▶
impl<'t> Maker<'t> {
    /// The term of a part of a law that may be missing.
    fn part<'a>(
        &mut self,
        alloc: Global,
        terms: Terms<'a>,
        part: &Option<Formula>,
    ) -> Result<Option<&'a [Node]>, Halt>
        ensures term { IfOk result (λ term.
            option_map (λ nodes. nodes.now) term ≡ option_map (λ f. nodes_of
            (universe_in self.old) (environment_of self.old.env) (plain_formula f)) part.now) }
        ensures room { OnOk result
            (self.new.room + length_of_part (option_map (λ f. nodes_of (universe_in self.old)
            (environment_of self.old.env) (plain_formula f)) part.now) ≡ self.old.room) }
        ensures like { OnOk result (IsLike self.old self.new) }
        ensures full { IfErr result
            (LacksRoom (length_of_part (option_map (λ f. nodes_of (universe_in self.old)
            (environment_of self.old.env) (plain_formula f)) part.now)) self.old.room) }
    {
        match part {
            Some(formula) => Ok(Some(self.term(alloc, terms, formula)?)),
            None => Ok(None),
        }
    }

    /// The law with this head and its parts under the environment.
    fn add_law<'a>(
        &mut self,
        alloc: Global,
        terms: Terms<'a>,
        made: &mut Vec<GroundLaw<'a>>,
        base: u32,
        law: &Law,
        head: GroundHead,
    ) -> Result<(), Halt>
        ensures made { OnOk result (HasMade (words.law_with (universe_in self.old) base
            (plain_law law.now) (environment_of self.old.env) (Some head))
            made.old.items made.new.items self.old self.new) }
        ensures full { IfErr result (LacksRoom (nodes_in (words.law_with (universe_in self.old) base
            (plain_law law.now) (environment_of self.old.env) (Some head))) self.old.room) }
    {
        let body = self.term(alloc, terms, &law.body)?;
        let after = self.part(alloc, terms, &law.after)?;
        made.push(GroundLaw {
            head,
            body,
            after,
            kind: law.kind,
            base,
        })?;
        Ok(())
    }

    /// The instance of a law for these values of its variables, if they make one: where the law's test is true, and its head
    /// is there.
    fn add_instance<'a>(
        &mut self,
        alloc: Global,
        terms: Terms<'a>,
        made: &mut Vec<GroundLaw<'a>>,
        base: u32,
        law: &Law,
    ) -> Result<(), Halt>
        requires { self.now.env.bound ≡ [] }
        ensures made { OnOk result
            (HasMade (laws_under (universe_in self.old) base (plain_law law.now)
            (self.old.env.values ∷ [])) made.old.items made.new.items self.old self.new) }
        ensures full { IfErr result (LacksRoom (nodes_in (laws_under (universe_in self.old) base
            (plain_law law.now) (self.old.env.values ∷ []))) self.old.room) }
    {
        heads_there_are_ground();
        if !passes(self.table, &mut self.env, &law.test)? {
            return Ok(());
        }
        match head_under(alloc, self.table, self.sig, &self.env, &law.head)? {
            Some(head) => self.add_law(alloc, terms, made, base, law, head),
            None => Ok(()),
        }
    }

    /// The instances of a law for all values of the ranges that are left, behind those that are given.
    fn add_choices<'a>(
        &mut self,
        alloc: Global,
        terms: Terms<'a>,
        made: &mut Vec<GroundLaw<'a>>,
        base: u32,
        law: &Law,
        ranges: &[Range],
    ) -> Result<(), Halt>
        requires { self.now.env.bound ≡ [] }
        ensures made { OnOk result
            (HasMade (laws_behind (universe_in self.old) base (plain_law law.now)
            self.old.env.values ranges.now) made.old.items made.new.items self.old self.new) }
        ensures full { IfErr result (LacksRoom (nodes_in (laws_behind (universe_in self.old) base
            (plain_law law.now) self.old.env.values ranges.now)) self.old.room) }
    {
        let Some((range, others)) = ranges.split_first() else {
            return self.add_instance(alloc, terms, made, base, law);
        };
        let values = values_in_range(self.table, self.sig, *range);
        for index in 0..values.len() {
            self.env.give(values.at(index))?;
            self.add_choices(alloc, terms, made, base, law, others)?;
            self.env.take_back();
        }
        Ok(())
    }

    /// The instances of a law. Where there is no list of values none is looked for, value by value of the first ranges.
    fn add_instances<'a>(
        &mut self,
        alloc: Global,
        terms: Terms<'a>,
        made: &mut Vec<GroundLaw<'a>>,
        base: u32,
        law: &Law,
    ) -> Result<(), Halt>
        requires { self.now.env ≡ no_bindings }
        ensures made { OnOk result
            (HasMade (laws_behind (universe_in self.old) base (plain_law law.now) [] law.now.ranges)
            made.old.items made.new.items self.old self.new) }
        ensures full { IfErr result (LacksRoom (nodes_in (laws_behind
            (universe_in self.old) base (plain_law law.now) [] law.now.ranges)) self.old.room) }
    {
        if choice_count(self.table, self.sig, law.ranges.items()) == 0 {
            return Ok(());
        }
        self.add_choices(alloc, terms, made, base, law, law.ranges.items())
    }

    /// The ground laws of a base law; the actions are the Boolean ones. No variable has a value yet.
    fn add_base_law<'a>(
        &mut self,
        alloc: Global,
        terms: Terms<'a>,
        made: &mut Vec<GroundLaw<'a>>,
        base: u32,
        actions: &[u32],
        law: &BaseLaw,
    ) -> Result<(), Halt>
        requires empty { self.now.env ≡ no_bindings }
        requires actions { actions.now ≡ boolean_actions (universe_in self.now) }
        ensures made { OnOk result (HasMade (laws_of (universe_in self.old) base
            (plain_base_law law.now)) made.old.items made.new.items self.old self.new) }
        ensures full { IfErr result (LacksRoom (nodes_in
            (laws_of (universe_in self.old) base (plain_base_law law.now))) self.old.room) }
    {
        match law {
            BaseLaw::One(law) => self.add_instances(alloc, terms, made, base, law),
            BaseLaw::NoConcurrency { .. } => self.add_pairs(terms, made, base, actions),
        }
    }

    /// The ground laws of base laws, in order; the actions are the Boolean ones.
    fn add_all<'a>(
        &mut self,
        alloc: Global,
        terms: Terms<'a>,
        made: &mut Vec<GroundLaw<'a>>,
        actions: &[u32],
        laws: &[BaseLaw],
    ) -> Result<(), Halt>
        requires empty { self.now.env ≡ no_bindings }
        requires actions { actions.now ≡ boolean_actions (universe_in self.now) }
        ensures made { OnOk result (HasMade (words.ground_laws (universe_in self.old)
            (map plain_base_law laws.now)) made.old.items made.new.items self.old self.new) }
        ensures full { IfErr result (LacksRoom (nodes_in (words.ground_laws
            (universe_in self.old) (map plain_base_law laws.now))) self.old.room) }
    {
        for (base, law) in laws.iter().enumerate() {
            self.add_base_law(alloc, terms, made, narrow(base)?, actions, law)?;
        }
        Ok(())
    }
}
◀
▸ **TASK TO COMPLETE**
Transcribe all of the records exactly.

▸ **OUTPUT BELOW**
impl<'t> Maker<'t> {
    /// The term of a part of a law that may be missing.
    fn part<'a>(
        &mut self,
        alloc: Global,
        terms: Terms<'a>,
        part: &Option<Formula>,
    ) -> Result<Option<&'a [Node]>, Halt>
        ensures term { IfOk result (λ term.
            option_map (λ nodes. nodes.now) term ≡ option_map (λ f. nodes_of
            (universe_in self.old) (environment_of self.old.env) (plain_formula f)) part.now) }
        ensures room { OnOk result
            (self.new.room + length_of_part (option_map (λ f. nodes_of (universe_in self.old)
            (environment_of self.old.env) (plain_formula f)) part.now) ≡ self.old.room) }
        ensures like { OnOk result (IsLike self.old self.new) }
        ensures full { IfErr result
            (LacksRoom (length_of_part (option_map (λ f. nodes_of (universe_in self.old)
            (environment_of self.old.env) (plain_formula f)) part.now)) self.old.room) }
    {
        match part {
            Some(formula) => Ok(Some(self.term(alloc, terms, formula)?)),
            None => Ok(None),
        }
    }

    /// The law with this head and its parts under the environment.
    fn add_law<'a>(
        &mut self,
        alloc: Global,
        terms: Terms<'a>,
        made: &mut Vec<GroundLaw<'a>>,
        base: u32,
        law: &Law,
        head: GroundHead,
    ) -> Result<(), Halt>
        ensures made { OnOk result (HasMade (words.law_with (universe_in self.old) base
            (plain_law law.now) (environment_of self.old.env) (Some head))
            made.old.items made.new.items self.old self.new) }
        ensures full { IfErr result (LacksRoom (nodes_in (words.law_with (universe_in self.old) base
            (plain_law law.now) (environment_of self.old.env) (Some head))) self.old.room) }
    {
        let body = self.term(alloc, terms, &law.body)?;
        let after = self.part(alloc, terms, &law.after)?;
        made.push(GroundLaw {
            head,
            body,
            after,
            kind: law.kind,
            base,
        })?;
        Ok(())
    }

    /// The instance of a law for these values of its variables, if they make one: where the law's test is true, and its head
    /// is there.
    fn add_instance<'a>(
        &mut self,
        alloc: Global,
        terms: Terms<'a>,
        made: &mut Vec<GroundLaw<'a>>,
        base: u32,
        law: &Law,
    ) -> Result<(), Halt>
        requires { self.now.env.bound ≡ [] }
        ensures made { OnOk result
            (HasMade (laws_under (universe_in self.old) base (plain_law law.now)
            (self.old.env.values ∷ [])) made.old.items made.new.items self.old self.new) }
        ensures full { IfErr result (LacksRoom (nodes_in (laws_under (universe_in self.old) base
            (plain_law law.now) (self.old.env.values ∷ []))) self.old.room) }
    {
        heads_there_are_ground();
        if !passes(self.table, &mut self.env, &law.test)? {
            return Ok(());
        }
        match head_under(alloc, self.table, self.sig, &self.env, &law.head)? {
            Some(head) => self.add_law(alloc, terms, made, base, law, head),
            None => Ok(()),
        }
    }

    /// The instances of a law for all values of the ranges that are left, behind those that are given.
    fn add_choices<'a>(
        &mut self,
        alloc: Global,
        terms: Terms<'a>,
        made: &mut Vec<GroundLaw<'a>>,
        base: u32,
        law: &Law,
        ranges: &[Range],
    ) -> Result<(), Halt>
        requires { self.now.env.bound ≡ [] }
        ensures made { OnOk result
            (HasMade (laws_behind (universe_in self.old) base (plain_law law.now)
            self.old.env.values ranges.now) made.old.items made.new.items self.old self.new) }
        ensures full { IfErr result (LacksRoom (nodes_in (laws_behind (universe_in self.old) base
            (plain_law law.now) self.old.env.values ranges.now)) self.old.room) }
    {
        let Some((range, others)) = ranges.split_first() else {
            return self.add_instance(alloc, terms, made, base, law);
        };
        let values = values_in_range(self.table, self.sig, *range);
        for index in 0..values.len() {
            self.env.give(values.at(index))?;
            self.add_choices(alloc, terms, made, base, law, others)?;
            self.env.take_back();
        }
        Ok(())
    }

    /// The instances of a law. Where there is no list of values none is looked for, value by value of the first ranges.
    fn add_instances<'a>(
        &mut self,
        alloc: Global,
        terms: Terms<'a>,
        made: &mut Vec<GroundLaw<'a>>,
        base: u32,
        law: &Law,
    ) -> Result<(), Halt>
        requires { self.now.env ≡ no_bindings }
        ensures made { OnOk result
            (HasMade (laws_behind (universe_in self.old) base (plain_law law.now) [] law.now.ranges)
            made.old.items made.new.items self.old self.new) }
        ensures full { IfErr result (LacksRoom (nodes_in (laws_behind
            (universe_in self.old) base (plain_law law.now) [] law.now.ranges)) self.old.room) }
    {
        if choice_count(self.table, self.sig, law.ranges.items()) == 0 {
            return Ok(());
        }
        self.add_choices(alloc, terms, made, base, law, law.ranges.items())
    }

    /// The ground laws of a base law; the actions are the Boolean ones. No variable has a value yet.
    fn add_base_law<'a>(
        &mut self,
        alloc: Global,
        terms: Terms<'a>,
        made: &mut Vec<GroundLaw<'a>>,
        base: u32,
        actions: &[u32],
        law: &BaseLaw,
    ) -> Result<(), Halt>
        requires empty { self.now.env ≡ no_bindings }
        requires actions { actions.now ≡ boolean_actions (universe_in self.now) }
        ensures made { OnOk result (HasMade (laws_of (universe_in self.old) base
            (plain_base_law law.now)) made.old.items made.new.items self.old self.new) }
        ensures full { IfErr result (LacksRoom (nodes_in
            (laws_of (universe_in self.old) base (plain_base_law law.now))) self.old.room) }
    {
        match law {
            BaseLaw::One(law) => self.add_instances(alloc, terms, made, base, law),
            BaseLaw::NoConcurrency { .. } => self.add_pairs(terms, made, base, actions),
        }
    }

    /// The ground laws of base laws, in order; the actions are the Boolean ones.
    fn add_all<'a>(
        &mut self,
        alloc: Global,
        terms: Terms<'a>,
        made: &mut Vec<GroundLaw<'a>>,
        actions: &[u32],
        laws: &[BaseLaw],
    ) -> Result<(), Halt>
        requires empty { self.now.env ≡ no_bindings }
        requires actions { actions.now ≡ boolean_actions (universe_in self.now) }
        ensures made { OnOk result (HasMade (words.ground_laws (universe_in self.old)
            (map plain_base_law laws.now)) made.old.items made.new.items self.old self.new) }
        ensures full { IfErr result (LacksRoom (nodes_in (words.ground_laws
            (universe_in self.old) (map plain_base_law laws.now))) self.old.room) }
    {
        for (base, law) in laws.iter().enumerate() {
            self.add_base_law(alloc, terms, made, narrow(base)?, actions, law)?;
        }
        Ok(())
    }
}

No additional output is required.